= Throne Day (Morocco) =

Public holiday in Morocco

Throne Day (عيد العرش) is a public holiday in Morocco, punctuated by commemorations of the date of the king's formal accession to the throne. The first celebration was held in 1933 to mark the accession of Mohammed V in 1927. Several nationwide and official events are covered on public television throughout the day.

== History ==
The first celebration was in 1933 in honor of Sultan (later King) Mohammed V, and subsequent commemorations took place each year on 18 November. During the French protectorate period, he reportedly refused to sign off on "Vichy's plan to ghettoize and deport Morocco's quarter of a million Jews to the killing factories of Europe," and, in an act of defiance, insisted on inviting all the rabbis of Morocco to the 1941 throne celebrations.
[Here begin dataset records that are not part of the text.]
//! Looks and scans in trees of one leaf and of three levels.

ghost use Rattle.chunk_store.specs.Digests.{cut_address};
ghost use Rattle.chunk_store.specs.Drafts.{chunks_of};
ghost use Rattle.prolly_tree.specs.Lists.{StandsForRows};

use crate::rows::Rows;
use crate::samples::{draft_of, key_of, tree_of};
use chunk_store::{Draft, PutFault, Sha512Cut};
use prolly_tree::{count, get, scan_from};
use std::alloc::{AllocError, Global};
use std::test::*;
use tuple_codec::Address;

/// How many rows a tree has, whose keys are 0, 2, 4 and so on; a number; the value's byte there; and the first two keys from there on.
const LOOKS: [(u16, u32, Option<u8>, [Option<u16>; 2]); 9] = [
    (0, 0, None, [None, None]),
    (2, 0, Some(0), [Some(0), Some(2)]),
    (2, 1, None, [Some(2), None]),
    (2, 2, Some(2), [Some(2), None]),
    (2, 3, None, [None, None]),
    (5_000, 4_999, None, [Some(5_000), Some(5_002)]),
    (5_000, 5_000, Some(136), [Some(5_000), Some(5_002)]),
    (5_000, 9_998, Some(14), [Some(9_998), None]),
    (5_000, 9_999, None, [None, None]),
];

/// The byte of the value at a number, where the tree has a row.
fn byte_at(number: u32) -> Option<u8> {
    if number % 2 == 0 {
        Some((number % 256) as u8)
    } else {
        None
    }
}

/// The first byte of the value that is found at a number.
fn byte_found(
    alloc: Global,
    draft: &Draft<Sha512Cut>,
    root: &Address,
    number: u32,
) -> Result<Option<u8>, AllocError>
    requires { StandsForRows cut_address (chunks_of draft.now.chunks) root.now.0 }
{
    let key = key_of(alloc, Rows::Long, number)?;
    match get(draft, root, key.as_slice()) {
        Some([byte, ..]) => Ok(Some(*byte)),
        _ => Ok(None),
    }
}

/// The number that a row's key ends with.
fn key_end(row: Option<(&[u8], &[u8])>) -> Option<u16> {
    let (key, _) = row?;
    match key {
        [.., high, low] => Some(u16::from_be_bytes([*high, *low])),
        _ => None,
    }
}

/// The keys of the first two rows from a number on.
fn keys_from(
    alloc: Global,
    draft: &Draft<Sha512Cut>,
    root: &Address,
    number: u32,
) -> Result<[Option<u16>; 2], AllocError>
    requires { StandsForRows cut_address (chunks_of draft.now.chunks) root.now.0 }
{
    let key = key_of(alloc, Rows::Long, number)?;
    let mut scan = scan_from(alloc, draft, root, key.as_slice())?;
    Ok([key_end(scan.next()), key_end(scan.next())])
}

/// What is found in the tree of so many rows: how many there are, and what there is at a number and from there on.
fn found(
    alloc: Global,
    rows: u16,
    number: u32,
) -> Result<(u64, Option<u8>, [Option<u16>; 2]), PutFault> {
    let mut draft = draft_of::<Sha512Cut>(alloc)?;
    let end = 2 * rows as u32;
    let root = tree_of(alloc, &mut draft, Rows::Long, end, |number| {
        byte_at(number)
    })?;
    let byte = byte_found(alloc, &draft, &root, number)?;
    let keys = keys_from(alloc, &draft, &root, number)?;
    Ok((count(&draft, &root), byte, keys))
}

#[test]
fn rows_are_found_by_key_and_in_turn(rt: HostRuntime) -> Result<(), Fail> {
    for (rows, number, byte, keys) in LOOKS {
        let looked = found(rt.alloc(), rows, number)?;
        assert!(rt;
            looked == (u64::from(rows), byte, keys),
            "{rows} rows, at {number}"
        );
    }
    Ok(())
}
The celebration date has since been moved to the respective day of the next monarch's official enthronement following their accession, beginning with 3 March under Hassan II. The bay'ah ceremony, in which elected and state officials pledge allegiance to the monarch and which initially took place only at the king's actual coronation, was made annual by Hassan II in 1962. Since Mohammed VI's accession in 1999, the holiday has taken place on 30 July.

== Events ==
Throne Day is customarily marked by an official gathering at the royal palace, which comprises the swearing of allegiance (bay'ah) by officials representing the Ministry of Interior, regions, prefectures and provinces of Morocco to the monarch. This ceremony is covered by official state media. Traditional activities by the king on the day before the anniversary (29 July) include a televised speech to the nation outlining domestic and foreign policies, and the granting of royal pardons.